Music industry’s sales are up, up, up this year
After years of decline, sales of recorded music are up for the first half of 2011, according to Nielsen SoundScan and Billboard’s midyear music industry report.
Overall music sales (which include albums, singles and music videos) are up 8.5% over the same period in 2010, from 756 million to 821 million. Overall album sales (physical and digital, plus track-equivalent albums, in which 10 tracks are counted as one album) are up 3.6%, from 213.6 million to 221.5 million.
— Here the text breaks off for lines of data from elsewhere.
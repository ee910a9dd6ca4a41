// What is known about variables after a statement that sets some of them, and how control leaves a statement.
//
// One walk marks all the variables that a statement sets: a walk for each bound would be slow, since there are many bounds
// and nested loops.

ghost use Rattle.std.specs.Prelude.{◌≡◌, ◌&&◌, ℕ, nat_lt, Bool, false, not, Some, length, get_or, IfOk, OnOk};
ghost use Rattle.cc_cminor_language.specs.Code.{statement_of, in_sequence};
ghost use Rattle.cc_cminor_language.specs.Statements.{statements_of};
ghost use Rattle.cc_guard.specs.Guard.{sets_result, sets, unset, kept, set_to, with_told, falls, leaves};
ghost use Rattle.cc_guard.specs.internal.Marks.{Marks, IsMarked};

use crate::known::Limit;
use cc_cminor_language::Statement;
use std::alloc::{AllocError, Global};

// Whether a call or a read puts its result into this variable.
fn sets_result(to: Option<usize>, variable: usize) -> bool
    ensures { result ≡ sets_result to variable }
{
    match to {
        None => false,
        Some(set) => set == variable,
    }
}

// Sets the mark of a variable, if it has one.
fn mark_variable(marks: &mut Vec<bool>, variable: usize)
    ensures { Marks (sets_result (Some variable)) marks.old.items marks.new.items }
{
    if variable < marks.len() {
        marks[variable] = true;
    }
}

fn mark_result(marks: &mut Vec<bool>, to: Option<usize>)
    ensures { Marks (sets_result to) marks.old.items marks.new.items }
{
    if let Some(variable) = to {
        mark_variable(marks, variable);
    }
}

// Marks the variables that a statement sets.
#[cycle(marking)]
fn mark(marks: &mut Vec<bool>, s: &Statement)
    ensures { Marks (sets (statement_of s.now)) marks.old.items marks.new.items }
{
    match s {
        Statement::Set(variable, _) => mark_variable(marks, *variable),
        Statement::Call(to, _, _) => mark_result(marks, *to),
        Statement::Read(to) => mark_result(marks, *to),
        Statement::Sequence(all) => mark_all(marks, all.as_slice()),
        Statement::If(_, nonzero, otherwise) => {
            mark(marks, nonzero);
            mark(marks, otherwise);
        }
        Statement::Loop(body) => mark(marks, body),
        Statement::Block(body) => mark(marks, body),
        Statement::Skip
        | Statement::Store(_, _, _, _)
        | Statement::Write(_)
        | Statement::Exit(_)
        | Statement::Return(_) => {}
    }
}

#[cycle(marking)]
fn mark_all(marks: &mut Vec<bool>, all: &[Statement])
    ensures { Marks (sets (in_sequence (statements_of all.now))) marks.old.items marks.new.items }
{
    for s in all {
        mark(marks, s);
    }
}

// As many marks as `first` says, none of them set.
fn unmarked(alloc: Global, first: usize) -> Result<Vec<bool>, AllocError>
    ensures long { IfOk result (λ marks. length marks.items ≡ first) }
    ensures none { IfOk result (λ marks. (x : ℕ) → get_or marks.items x false ≡ false) }
{
    let mut marks = Vec::with_capacity(alloc, first)?;
    for i in 0..first {
        let _i = i;
        marks.push(false)?;
    }
    Ok(marks)
}

// Which variables below `first` a statement sets.
fn marked(alloc: Global, first: usize, s: &Statement) -> Result<Vec<bool>, AllocError>
    ensures { IfOk result (λ marks. IsMarked first (sets (statement_of s.now)) marks.items) }
{
    let mut marks = unmarked(alloc, first)?;
    mark(&mut marks, s);
    Ok(marks)
}

// Whether a variable has a mark and that mark is not set.
fn stays(marks: &[bool], variable: usize) -> bool
    ensures { (n : ℕ) (changed : ℕ → Bool) → IsMarked n changed marks.now → result ≡ (nat_lt variable n && not (changed variable)) }
{
    variable < marks.len() && !marks[variable]
}

// Whether a variable has a mark and that mark is set.
fn changes(marks: &[bool], variable: usize) -> bool
    ensures { (n : ℕ) (changed : ℕ → Bool) → IsMarked n changed marks.now → result ≡ (nat_lt variable n && not (not (changed variable))) }
{
    variable < marks.len() && marks[variable]
}

/// The known bounds of variables below `first` that a statement does not set.
pub fn kept(
    alloc: Global,
    first: usize,
    s: &Statement,
    known: &[Limit],
) -> Result<Vec<Limit>, AllocError>
    ensures { IfOk result (λ limits. limits.items ≡ kept first (sets (statement_of s.now)) known.now) }
{
    let marks = marked(alloc, first, s)?;
    let mut limits = Vec::new(alloc);
    for limit in known {
        if stays(marks.as_slice(), limit.variable) {
            limits.push(*limit)?;
        }
    }
    Ok(limits)
}

/// The known bounds of variables below `first`, except the variable `to`, if it is given.
pub fn kept_but(
    alloc: Global,
    first: usize,
    to: Option<usize>,
    known: &[Limit],
) -> Result<Vec<Limit>, AllocError>
    ensures { IfOk result (λ limits. limits.items ≡ kept first (sets_result to) known.now) }
{
    let mut limits = Vec::new(alloc);
    for limit in known {
        if limit.variable < first && !sets_result(to, limit.variable) {
            limits.push(*limit)?;
        }
    }
    Ok(limits)
}

/// Adds the bound `most`, if there is one, for a variable that was just set.
pub fn set_to(known: &mut Vec<Limit>, variable: usize, most: Option<u32>) -> Result<(), AllocError>
    ensures { OnOk result (known.new.items ≡ set_to variable most known.old.items) }
{
    if let Some(most) = most {
        known.push(Limit { variable, most })?;
    }
    Ok(())
}

/// The known bounds of variables below `first` that a statement sets.
pub fn kept_set(
    alloc: Global,
    first: usize,
    s: &Statement,
    known: &[Limit],
) -> Result<Vec<Limit>, AllocError>
    ensures { IfOk result (λ limits. limits.items ≡ kept first (unset (statement_of s.now)) known.now) }
{
    let marks = marked(alloc, first, s)?;
    let mut limits = Vec::new(alloc);
    for limit in known {
        if changes(marks.as_slice(), limit.variable) {
            limits.push(*limit)?;
        }
    }
    Ok(limits)
}

/// Adds the bound that a condition shows, if it shows one.
pub fn add_told(known: &mut Vec<Limit>, told: Option<Limit>) -> Result<(), AllocError>
    ensures { OnOk result (known.new.items ≡ with_told known.old.items told) }
{
    if let Some(limit) = told {
        known.push(limit)?;
    }
    Ok(())
}

/// Whether control may reach the end of a statement, judging by its form.
#[cycle(falling)]
pub fn falls(s: &Statement) -> bool
    ensures { result ≡ falls (statement_of s.now) }
{
    match s {
        Statement::Sequence(all) => last_falls(all.as_slice()),
        Statement::If(_, nonzero, otherwise) => falls(nonzero) || falls(otherwise),
        Statement::Loop(_) | Statement::Exit(_) | Statement::Return(_) => false,
        Statement::Skip
        | Statement::Set(_, _)
        | Statement::Store(_, _, _, _)
        | Statement::Call(_, _, _)
        | Statement::Read(_)
        | Statement::Write(_)
        | Statement::Block(_) => true,
    }
}

#[cycle(falling)]
fn last_falls(all: &[Statement]) -> bool
    ensures { result ≡ falls (in_sequence (statements_of all.now)) }
{
    let mut last = true;
    for s in all {
        last = falls(s);
    }
    last
}

/// Whether an exit in a statement leaves exactly the block with this number: 0 is the innermost block around the statement.
#[cycle(leaving)]
pub fn leaves(outer: usize, s: &Statement) -> Result<bool, AllocError>
    ensures { IfOk result (λ left. left ≡ leaves outer (statement_of s.now)) }
{
    match s {
        Statement::Sequence(all) => any_leaves(outer, all.as_slice()),
        Statement::If(_, nonzero, otherwise) => {
            let first = leaves(outer, nonzero)?;
            let second = leaves(outer, otherwise)?;
            Ok(first || second)
        }
        Statement::Loop(body) => leaves(outer, body),
        Statement::Block(body) => {
            let Some(more) = outer.checked_add(1) else {
                return Err(AllocError);
            };
            leaves(more, body)
        }
        Statement::Exit(k) => Ok(*k == outer),
        Statement::Skip
        | Statement::Set(_, _)
        | Statement::Store(_, _, _, _)
        | Statement::Call(_, _, _)
        | Statement::Read(_)
        | Statement::Write(_)
        | Statement::Return(_) => Ok(false),
    }
}

#[cycle(leaving)]
fn any_leaves(outer: usize, all: &[Statement]) -> Result<bool, AllocError>
    ensures { IfOk result (λ left. left ≡ leaves outer (in_sequence (statements_of all.now))) }
{
    let mut found = false;
    for s in all {
        let left = leaves(outer, s)?;
        found = found || left;
    }
    Ok(found)
}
Digital album sales grew 19% to 50.3 million from 42.2 million and now account for 33% of album sales. Digital track sales grew 11% to 660.8 million from 597.4 million.
“The music industry has been from pillar to post over these seven years,” says Jim Donio, president of the National Association of Recording Merchandisers. “This is positive news for us.”
Several factors account for the turnaround, Donio says. He points to October’s court-ordered shutdown of peer-to-peer file-sharing website LimeWire; more ways for consumers to buy music digitally and to become aware of new releases via social media; and TV shows such as American Idol and Glee, which spark instant sales.
Adele’s 21 has been the biggest-selling album this year, moving 2.5 million copies. Lady Gaga’s Born This Way, which had the biggest single sales week with 1.108 million, is second with 1.5 million. Rounding out the top five so far are Mumford & Sons’ Sigh No More (982,000), Jason Aldean’s My Kinda Party (763,000) and Bruno Mars’ Doo-Wops & Hooligans (686,000).
Katy Perry’s E.T. is the top-selling digital song with 4.1 million, followed by Adele’s Rolling Into the Deep with slightly less than 4.1 million.
Rock, rap, new age, classical and electronic music enjoyed sales increases, while country, R&B, jazz and metal declined.
Donio says the uptick is good, but piracy remains a worldwide problem.
“If we look back at the stats compared to where the music business was 10 years ago, it’s mind-numbing,” he says. In 2001, the first year of declining sales in the piracy era, fans scooped up 331.4 million albums by the end of June.
“Still, the needle moving in this direction feels good, for however it lasts.”